Mein Rat: Handhabe es doch so, wie Du es für richtig erachtest.
Es gibt kein Für, die Gegen sind aber nicht so wie von Dir geschildert.

Finde das auch unmöglich. Aber es nützt wahrscheinlich nichts wenn du dich einmischt.
schildi am 2. Mai 2008 18:52 klar, Augen zu, wie so oft
darkangel82 am 2. Mai 2008 22:42 So war das nicht gemeint! Ich würde im Grunde die Eltern auch darauf ansprechen. Nur was denkst du wie dir Reaktion darauf hin ist? Ändern würde sich wahrscheinlich so wie so nichts. Schade, aber meist wahr!
Ins Jugendschutzgesetz sehen, es ist verboten, Kindern Alkohol zu verabreichen.
also meine dürfen das nicht und wir trinken auch nicht vor unseren kindern
Das ist wirklich total bescheuert! Alkohol und Kinder passt nicht zusammen. Man sollte den Kleinen lieber von Anfang an klar machen, dass Alkohol nicht gesund ist!
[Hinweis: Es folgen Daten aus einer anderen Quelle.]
//! The published vectors by the definitions only: no code runs.

ghost use Rattle.std.specs.List.{AllByRecursion};
ghost use Rattle.keywrap_cli.specs.VectorReport.{IsRight};
ghost use Rattle.test_vectors.specs.Published.{published_vectors};

// A law: the wrapped keys of RFC 3394 and RFC 5649 are wrappings by the definitions, and the blocks
// of FIPS 197 are encrypted by them. The check computes AES for each step of each wrapping.
fn published_vectors_are_right()
    ensures { AllByRecursion IsRight published_vectors }
{}

#[test]
fn definitions_give_the_published_vectors() {
    published_vectors_are_right();
}
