//! Initial values other than the default, over the drill block.

use super::memory::OTHER;
use super::rows::{KEY, PADDED, is_cleared, spelled};
use block_pair::{Meter, SwapHalves};
use key_wrap_core::*;
use std::test::Fail;

// Under each value the plain wrapping of the 16-byte key is the value and these two words, which do
// not depend on it. Besides the default value: the smallest, the largest, only the top bit, and the
// neighbours of the reserved values.
const REST: [u8; 16] = *b"\x00\x11\x22\x33\x44\x55\x66\x7F\x88\x99\xAA\xBB\xCC\xDD\xEE\xFB";

const VALUES: [[u8; 8]; 6] = [
    OTHER,
    [0; 8],
    [0xFF; 8],
    *b"\x80\0\0\0\0\0\0\0",
    *b"\xA6\x59\x59\xA5\xFF\xFF\xFF\xFF",
    *b"\xA6\x59\x59\xA7\0\0\0\0",
];

/// The wrapping of the key under this value.
pub fn wrapping_under(value: [u8; 8]) -> [u8; 24] {
    let mut text = [0; 24];
    text[..8].copy_from_slice(&value);
    text[8..].copy_from_slice(&REST);
    text
}

#[test]
fn wraps_under_other_initial_values_and_back(rt: HostRuntime) -> Result<(), Fail> {
    for bytes in VALUES {
        let iv = InitialValue::new(bytes)?;
        let mut meter = Meter::new(&SwapHalves);
        let want = wrapping_under(bytes);
        let (mut there, mut back) = ([0x5A; 24], [0x5A; 16]);
        let wraps = wrap_into_with(&mut meter, &iv, &KEY, &mut there);
        let unwraps = unwrap_into_with(&mut meter, &iv, &there, &mut back);
        assert!(rt; wraps == Ok(()) && there == want, "{bytes:?}");
        assert!(rt; unwraps == Ok(()) && back == KEY, "{bytes:?}");
        let refused = unwrap_into(&mut meter, &there, &mut back);
        assert!(rt; refused == Err(InPlaceFault::Integrity), "{bytes:?}");
    }
    Ok(())
}

// Another.
const NEXT: [u8; 8] = [0xFF; 8];

// What is rewrapped once is no wrapping as that which it was.
#[test]
fn rewraps_from_value_to_value(rt: HostRuntime) -> Result<(), Fail> {
    let padded = spelled(rt.alloc(), &PADDED)?;
    let (old, new) = (InitialValue::new(OTHER)?, InitialValue::new(NEXT)?);
    let (old, new) = (AgreedForm::Plain(old), AgreedForm::Plain(new));
    let default = AgreedForm::by_default(Form::Plain);
    let (under_old, under_new) = (wrapping_under(OTHER), wrapping_under(NEXT));
    let under_default = wrapping_under([0xA6; 8]);
    for (from, to, text, want) in [
        (old, new, under_old.as_slice(), under_new.as_slice()),
        (new, old, &under_new, &under_old),
        (old, default, &under_old, &under_default),
        (default, old, &under_default, &under_old),
        (old, AgreedForm::Padded, &under_old, &padded),
        (AgreedForm::Padded, new, &padded, &under_new),
    ] {
        let (mut unwraps, mut wraps) = (Meter::new(&SwapHalves), Meter::new(&SwapHalves));
        let mut buffer = Vec::from_slice(rt.alloc(), text)?;
        let forms = RewrapForms::Changed { old: from, new: to };
        let answer = rewrap(&mut unwraps, &mut wraps, &forms, false, &mut buffer);
        assert!(rt;
            answer == Ok(Rewrapped::Fresh) && buffer.as_slice() == want,
            "{text:?}"
        );
        let answer = rewrap(&mut unwraps, &mut wraps, &forms, false, &mut buffer);
        assert!(rt;
            answer == Err(Refusal::Integrity) && buffer.as_slice() == want,
            "{text:?}"
        );
        let answer = rewrap(&mut unwraps, &mut wraps, &forms, true, &mut buffer);
        assert!(rt;
            answer == Ok(Rewrapped::AlreadyNew) && buffer.as_slice() == want,
            "{text:?}"
        );
    }
    Ok(())
}

#[test]
fn finds_the_kind_under_a_value(rt: HostRuntime) -> Result<(), Fail> {
    let (mut meter, mut room) = (Meter::new(&SwapHalves), [0x5A; 16]);
    let padded = spelled(rt.alloc(), &PADDED)?;
    for value in VALUES {
        let iv = InitialValue::new(value)?;
        let text = wrapping_under(value);
        let other = wrapping_under([0xA6; 8]);
        let is = kind_into_with(&mut meter, &iv, &text, &mut room);
        assert!(rt; is == Ok(Kind::Plain(16)) && room == [0; 16], "{value:?}");
        assert!(rt;
            kind_into(&mut meter, &text, &mut room) == Ok(Kind::Neither),
            "{value:?}"
        );
        let is = kind_into_with(&mut meter, &iv, &other, &mut room);
        assert!(rt; is == Ok(Kind::Neither) && room == [0; 16], "{value:?}");
        let is = kind_into_with(&mut meter, &iv, &padded, &mut room);
        assert!(rt; is == Ok(Kind::Padded(16)), "{value:?}");
    }
    Ok(())
}
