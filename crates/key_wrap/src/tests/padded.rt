//! The calls of the padded form.

use super::rows::{NOT_PADDED, PADDED_KEYS, is_cleared, spelled};
use block_pair::{Meter, SwapHalves};
use key_wrap_core::*;
use std::test::Fail;

#[test]
fn wraps_padded_keys_and_back(rt: HostRuntime) -> Result<(), Fail> {
    let iv = InitialValue::default();
    for (key, words) in PADDED_KEYS {
        let len = key.len();
        let found = Ok(FoundKey {
            form: Form::Padded,
            len,
        });
        let mut meter = Meter::new(&SwapHalves);
        let text = spelled(rt.alloc(), words)?;
        let mut there = vec![in rt.alloc(); 0x5A; text.len()]?;
        let mut room = vec![in rt.alloc(); 0x5A; text.len().saturating_sub(8)]?;
        let wraps = wrap_padded_into(&mut meter, key, &mut there);
        let unwraps = unwrap_padded_into(&mut meter, &there, &mut room);
        assert!(rt; wraps == Ok(()) && unwraps == Ok(len) && there == text);
        let unwraps = unwrap_padded_in_place(&mut meter, &mut there);
        assert!(rt; unwraps == Ok(len) && room.starts_with(key) && there.ends_with(&room));
        let wraps = wrap_padded_in_place(&mut meter, &mut there, len);
        let is = kind_into(&mut meter, &text, &mut room);
        assert!(rt;
            wraps == Ok(()) && is == Ok(Kind::Padded(len)) && there == text,
            "{key:?}"
        );
        let unwraps = unwrap_any_into(&mut meter, &iv, &text, &mut room);
        assert!(rt; unwraps == found && room.starts_with(key), "{key:?}");
        let unwraps = unwrap_any_in_place(&mut meter, &iv, &mut there);
        assert!(rt; unwraps == found && there.ends_with(&room), "{key:?}");
    }
    Ok(())
}

// Of each call in either form the result that the kind of the words gives.
#[test]
fn refuses_what_is_no_padded_wrapping(rt: HostRuntime) -> Result<(), Fail> {
    for (words, want, what) in NOT_PADDED {
        let (mut meter, iv) = (Meter::new(&SwapHalves), InitialValue::default());
        let mut text = spelled(rt.alloc(), words)?;
        let mut room = vec![in rt.alloc(); 0x5A; text.len().saturating_sub(8)]?;
        let refused = Err(InPlaceFault::Integrity);
        let is = kind_into(&mut meter, &text, &mut room);
        let into = unwrap_padded_into(&mut meter, &text, &mut room);
        assert!(rt;
            is == Ok(want) && into == refused && is_cleared(&room),
            "{what}"
        );
        let any = unwrap_any_into(&mut meter, &iv, &text, &mut room);
        let is_none = want == Kind::Neither;
        assert!(rt;
            any.is_err() == is_none && is_cleared(&room) == is_none,
            "{what}"
        );
        let in_place = unwrap_padded_in_place(&mut meter, &mut text);
        assert!(rt; in_place == refused && is_cleared(&text), "{what}");
    }
    Ok(())
}

#[test]
fn refuses_lengths_of_neither_form(rt: HostRuntime) {
    let (mut meter, iv) = (Meter::new(&SwapHalves), InitialValue::default());
    let mut key = [0x5A; 15];
    let any = unwrap_any_into(&mut meter, &iv, &[0x5A; 24], &mut key);
    assert!(rt; any == Err(InPlaceFault::BadLength) && key == [0x5A; 15]);
    let is = kind_into(&mut meter, &[0x5A; 24], &mut key);
    assert!(rt; is == Err(InPlaceFault::BadLength) && key == [0x5A; 15]);
    let is = kind_into(&mut meter, &[0x5A; 20], &mut key);
    assert!(rt; is == Ok(Kind::Neither) && key == [0x5A; 15] && meter.count() == 0);
}
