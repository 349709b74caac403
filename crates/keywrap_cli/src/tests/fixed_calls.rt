//! The calls for one key: each does what its operation does.

use super::cases::{Answer, Case};
use super::jobs::{jobs, rewraps};
use crate::job::{Direction, Job, Task, run_job, run_rewrap, run_with};
use crate::outcome::JobFault;
use crate::what::{Conversion, What};
use key_wrap_core::{AgreedForm, Form, InitialValue, RewrapForms};
use std::alloc::Global;
use std::process::Abort;
use test_doubles::Narrow;

#[test]
fn each_case_has_its_answer_by_the_fixed_calls(rt: HostRuntime) {
    for case in &jobs() {
        call(&rt, rt.alloc(), case);
    }
    for case in &rewraps() {
        call(&rt, rt.alloc(), case);
    }
}

fn call(rt: &impl Abort, alloc: Global, case: &Case<'_>) {
    // One cause for both lengths, of the wrapped key and of its key.
    let wanted = match case.3 {
        Err(JobFault::KeyNotPlain) => Err(JobFault::BadLength),
        wanted => wanted,
    };
    let mut out = Narrow::in_pieces(alloc, 7);
    if let Some(done) = by_default(alloc, case, &mut out) {
        assert!(rt; done == wanted && out.out() == case.4, "{wanted:?}");
    }
    let mut out = Narrow::in_pieces(alloc, 7);
    if let Some(done) = with_iv(alloc, case, &mut out) {
        assert!(rt; done == wanted && out.out() == case.4, "{wanted:?}");
    }
}

// Runs a plain case by the call that takes an initial value.
fn with_iv(alloc: Global, case: &Case<'_>, out: &mut Narrow) -> Option<Answer> {
    let Case(what, [input, kek], ..) = *case;
    let (direction, iv) = match &what {
        What::Convert(Conversion::Wrap(AgreedForm::Plain(iv))) => (Direction::Wrap, iv),
        What::Convert(Conversion::Unwrap(AgreedForm::Plain(iv))) => (Direction::Unwrap, iv),
        _ => return None,
    };
    let [mut key, _, mut text] = case.files(7);
    Some(run_with(alloc, iv, direction, input, kek, &mut key, &mut text, out))
}

// Runs a case by the call that takes the default initial value.
fn by_default(alloc: Global, case: &Case<'_>, out: &mut Narrow) -> Option<Answer> {
    let Case(what, [input, kek], ..) = *case;
    let [mut key, mut new_key, mut text] = case.files(7);
    let (job, form) = match &what {
        What::Convert(Conversion::Wrap(form)) => (Job::Wrap, own_form(form)?),
        What::Convert(Conversion::Unwrap(form)) => (Job::Unwrap, own_form(form)?),
        What::Check(_) => (Job::Check, Form::Plain),
        What::Rewrap {
            forms: RewrapForms::Changed { old, new },
            pass_new: false,
        } => {
            let (old, new) = (own_form(old)?, own_form(new)?);
            let (old_kek, new_kek, text) = (&mut key, &mut new_key, &mut text);
            return Some(run_rewrap(alloc, old, new, input, kek, old_kek, new_kek, text, out));
        }
        _ => return None,
    };
    let task = Task {
        job,
        form,
        input,
        kek,
    };
    Some(run_job(alloc, task, &mut key, &mut text, out))
}

// Returns the form, if it has the default initial value.
fn own_form(form: &AgreedForm) -> Option<Form> {
    match form {
        AgreedForm::Plain(iv) => (*iv == InitialValue::default()).then_some(Form::Plain),
        AgreedForm::Padded => Some(Form::Padded),
    }
}
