//! Test cases: an operation, its files, its result and its output; and how a case is run.

use crate::convert::convert_into;
use crate::files::Notation;
use crate::kek_file::Keks;
use crate::operation::Operation;
use crate::outcome::{Done, JobFault};
use crate::what::{Conversion, What};
use block_pair::BlockPair;
use key_wrap_core::{AgreedForm, Form, InitialValue, RewrapForms};
use std::alloc::Global;
use std::io::Write;
use std::process::Abort;
use std::test::Fail;
use test_doubles::{Narrow, Trickle};
use test_vectors::Algorithm;

/// The notations of the input and of the KEK files.
pub const HEX: [Notation; 2] = [Notation::Hex, Notation::Hex];

pub const RAW: [Notation; 2] = [Notation::Raw, Notation::Raw];

pub const RAW_KEKS: [Notation; 2] = [Notation::Hex, Notation::Raw];

/// The result of an operation.
pub type Answer = Result<Done, JobFault>;

pub const WRITTEN: Answer = Ok(Done::Written);

/// An operation, the notations of its input and of its KEK files, its files (the KEK, the new KEK
/// and the input), its result and its output.
#[derive(Clone, Copy)]
pub struct Case<'a>(
    pub What,
    pub [Notation; 2],
    pub [&'a [u8]; 3],
    pub Answer,
    pub &'a [u8],
);

/// Returns a case whose files are hex, and whose output is written.
pub fn hex(what: What, files: [&'static [u8]; 3], output: &'static [u8]) -> Case<'static> {
    Case(what, HEX, files, WRITTEN, output)
}

/// Returns a case whose files are raw, and whose output is written.
pub fn raw(what: What, files: [&'static [u8]; 3], output: &'static [u8]) -> Case<'static> {
    Case(what, RAW, files, WRITTEN, output)
}

/// Returns a case whose files are hex, and which is refused.
pub fn refused(what: What, files: [&'static [u8]; 3], fault: JobFault) -> Case<'static> {
    Case(what, HEX, files, Err(fault), b"")
}

/// Returns a form with the default initial value.
pub fn form(form: Form) -> AgreedForm {
    AgreedForm::by_default(form)
}

/// Returns a wrap in a form.
pub fn wrap_in(form: AgreedForm) -> What {
    What::Convert(Conversion::Wrap(form))
}

/// Returns an unwrap in a form.
pub fn unwrap_in(form: AgreedForm) -> What {
    What::Convert(Conversion::Unwrap(form))
}

/// Returns a check under the default initial value.
pub fn check() -> What {
    What::Check(InitialValue::default())
}

/// Returns a rewrap from the first form to the second, with the default initial value. `None` keeps
/// the form. With `pass_new` it copies wrapped keys that are new already.
pub fn rewrap(forms: Option<(Form, Form)>, pass_new: bool) -> What {
    let forms = match forms {
        None => RewrapForms::Kept,
        Some((old, new)) => RewrapForms::by_default(old, new),
    };
    What::Rewrap { forms, pass_new }
}

/// Returns the form of a published wrapping, and `None` for an encryption.
pub fn wrapping_form(algorithm: Algorithm) -> Option<Form> {
    match algorithm {
        Algorithm::KeyWrap => Some(Form::Plain),
        Algorithm::KeyWrapWithPadding => Some(Form::Padded),
        Algorithm::Encryption => None,
    }
}

/// Returns the wrapping of a key in a form.
pub fn wrapped<B: BlockPair>(
    alloc: Global,
    form: AgreedForm,
    pair: &B,
    key: &[u8],
) -> Result<Vec<u8>, Fail> {
    let mut text = Vec::new(alloc);
    convert_into(&Conversion::Wrap(form), pair, key, &mut text)?;
    Ok(text)
}

/// Runs an operation over its files. Returns its result, and the files as it left them.
pub fn run<'a, W: Write>(
    alloc: Global,
    case: &Case<'_>,
    files: [Trickle<'a>; 3],
    out: &mut W,
) -> (Answer, [Option<Trickle<'a>>; 3]) {
    let Case(what, [notation, kek_notation], ..) = *case;
    let [kek, new_kek, mut input] = files;
    let keks = Keks {
        notation: kek_notation,
        kek,
        new_kek: matches!(what, What::Rewrap { .. }).then_some(new_kek),
    };
    let mut operation = Operation { what, keks };
    let done = operation
        .run(alloc, notation, &mut input, out)
        .map(|outcome| outcome.result);
    let Keks { kek, new_kek, .. } = operation.keks;
    (done, [Some(kek), new_kek, Some(input)])
}

impl<'a> Case<'a> {
    /// Returns the files as readers that give at most `size` bytes per read.
    pub fn files(&self, size: usize) -> [Trickle<'a>; 3] {
        let [kek, new_kek, input] = self.2;
        [
            Trickle::in_pieces(kek, size),
            Trickle::in_pieces(new_kek, size),
            Trickle::in_pieces(input, size),
        ]
    }

    /// Returns whether the operation reads this file. Only a rewrap reads a new KEK, and no file is
    /// read after a refused KEK.
    pub fn reads(&self, at: usize) -> bool {
        match self.3 {
            Err(JobFault::KekFile(_) | JobFault::KekLength) => at == 0,
            Err(JobFault::NewKekFile(_) | JobFault::NewKekLength) => at < 2,
            _ => at != 1 || matches!(self.0, What::Rewrap { .. }),
        }
    }

    /// Checks the result and the output of the case, with readers and a writer that take at most
    /// `size` bytes per call. The operation reads at most one byte past the limit of a file, and
    /// does not flush.
    pub fn holds(&self, rt: &impl Abort, alloc: Global, size: usize) {
        let Case(_, _, bytes, wanted, output) = *self;
        let mut out = Narrow::in_pieces(alloc, size);
        let (done, files) = run(alloc, self, self.files(size), &mut out);
        assert!(rt; done == wanted, "{wanted:?}, {size} bytes a read");
        assert!(rt; out.out() == output && !out.is_flushed, "{wanted:?}");
        for at in 0..3 {
            if let Some(file) = &files[at] {
                let most = if self.reads(at) { 4_194_305 } else { 0 };
                let left = bytes[at].len().saturating_sub(most);
                assert!(rt; file.left.len() == left, "{wanted:?}, file {at}");
                assert!(rt; file.is_unread != self.reads(at), "file {at}");
            }
        }
    }
}
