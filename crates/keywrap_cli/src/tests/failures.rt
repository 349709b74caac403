//! Each case in pieces and whole, and as each of its reads, writes and allocations fails: Read, Write
//! and Memory come only with cause.

use super::cases::{Case, run};
use super::jobs::{jobs, rewraps};
use crate::outcome::JobFault;
use key_files::FileFault;
use std::alloc::Global;
use std::process::Abort;
use test_doubles::{FAULTS, Narrow, STOPPINGS, Trickle};

#[test]
fn each_case_has_its_answer_in_pieces_and_whole(rt: HostRuntime) {
    for size in [1, usize::MAX] {
        for case in &jobs() {
            case.holds(&rt, rt.alloc(), size);
        }
        for case in &rewraps() {
            case.holds(&rt, rt.alloc(), size);
        }
    }
}

#[test]
fn answers_each_read_and_write_that_fails(rt: HostRuntime) {
    for case in &jobs() {
        fail_each_read(&rt, rt.alloc(), case);
        stop_each_write(&rt, rt.alloc(), case);
    }
    for case in &rewraps() {
        fail_each_read(&rt, rt.alloc(), case);
        stop_each_write(&rt, rt.alloc(), case);
    }
}

// `rt try --test --fail-alloc N` refuses the Nth allocation of this test; the gate refuses none.
#[test]
fn refuses_each_growth_of_a_call(rt: HostRuntime) {
    for case in &jobs() {
        run_in_room(&rt, rt.alloc(), case);
    }
    for case in &rewraps() {
        run_in_room(&rt, rt.alloc(), case);
    }
}

// The faults of a failed read of the KEK, the new KEK and the input.
static READ_FAULTS: [JobFault; 3] = [
    JobFault::KekFile(FileFault::Read),
    JobFault::NewKekFile(FileFault::Read),
    JobFault::InputFile(FileFault::Read),
];

// Each read fails, once or from then on. Then nothing is written, the reader is not called again, and
// later files are not read. The bytes before the failure do not matter.
fn fail_each_read(rt: &impl Abort, alloc: Global, case: &Case) {
    for at in 0..3 {
        let file = case.2[at];
        let places = if case.reads(at) {
            file.len().saturating_add(1)
        } else {
            0
        };
        for room in 0..places {
            for faults in FAULTS {
                let mut files = case.files(1);
                files[at] = Trickle::failing(file, room, faults);
                let mut out = Narrow::in_pieces(alloc, 1);
                let (done, files) = run(alloc, case, files, &mut out);
                assert!(rt; done == Err(READ_FAULTS[at]), "file {at}, byte {room}");
                assert!(rt; out.out().is_empty(), "file {at}, byte {room}");
                for later in files.iter().skip(at + 1).flatten() {
                    assert!(rt; later.is_unread, "file {at}, byte {room}");
                }
            }
        }
    }
}

// Each write fails, once or from then on, by an error or by taking no bytes. A writer that failed
// once is not called again. A fault after the output is not reached.
fn stop_each_write(rt: &impl Abort, alloc: Global, case: &Case) {
    let Case(_, _, _, wanted, output) = *case;
    for room in 0..=output.len() {
        for (stop, faults) in &STOPPINGS {
            let mut out = Narrow::stopping(alloc, room, *stop, *faults);
            let (done, _) = run(alloc, case, case.files(1), &mut out);
            let wanted = if room < output.len() {
                Err(JobFault::Write { written: room })
            } else {
                wanted
            };
            assert!(rt; done == wanted, "{wanted:?}, {stop:?} at byte {room}");
            assert!(rt; Some(out.out()) == output.get(..room), "byte {room}");
            assert!(rt; !out.is_flushed);
        }
    }
}

// A refused allocation is Memory, and nothing is written.
fn run_in_room(rt: &impl Abort, alloc: Global, case: &Case) {
    let Case(_, _, _, wanted, output) = *case;
    let mut room = [0; 64];
    // A writer that does not allocate: the room that is left.
    let mut free = room.as_mut_slice();
    let (done, _) = run(alloc, case, case.files(usize::MAX), &mut free);
    let written = 64_usize.saturating_sub(free.len());
    if done == Err(JobFault::Memory) {
        assert!(rt; written == 0, "{wanted:?}");
    } else {
        assert!(rt;
            done == wanted && room.get(..written) == Some(output),
            "{wanted:?}"
        );
    }
}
Ich habe auf Feiern auch manchmal im Kindesalter Alkohol probiert. Paar Schlücke immer. Jetzt, mit meinen 18 Jahren, trinke ich nicht mehr als ein Glas Bier. Wodka fasse ich gar nicht an. Mir hat das nicht geschadet, als Kind bissle Alkohol zu probieren.

Ich würde die Eltern darauf aufmerksam machen, dass schon kleinste Mengen Alkohol einem heranwachsenden Körper Entwicklungsschäden hervorrufen können!
Je jünger der Körper, umso größer der Schaden!
Ein Beispiel dazu sind kleine Katzen: gibst Du ihnen als Kitten einen Teelöffel Whiskey, hören sie auf zu wachsen und bleiben so klein und süß. Aber für die Katze ist das nicht so süß, denn sie werden auch nicht viel älter als zwei/drei Jahre und haben bestimmt auch körperliche Probleme.
Und in Kinder-Hustensaft ist nicht umsonst kein Alkohol drin, oder?

hmmm...man kann dem kind alles verbieten, wenn er noch klein ist, aber dann wird alkohol mit dem erwachsensein assoziiert. man sollte dem kind vermitteln, dass sie es nicht trinken sollen nicht weil sie klein sind, sondern weil es ungesund ist. wenn ein kind sieht wie auf großen festen die älteren alk trinken, denken sie wenn sie groß werden werden sie auch alk trinken dürfen...meistens greifen sie dann in der pubertät zur flasche um sich als erwachsene zu beweisen.

Kinder?Alkohol? Dass ist nicht grad der Bringer. So was ist echt voll daneben.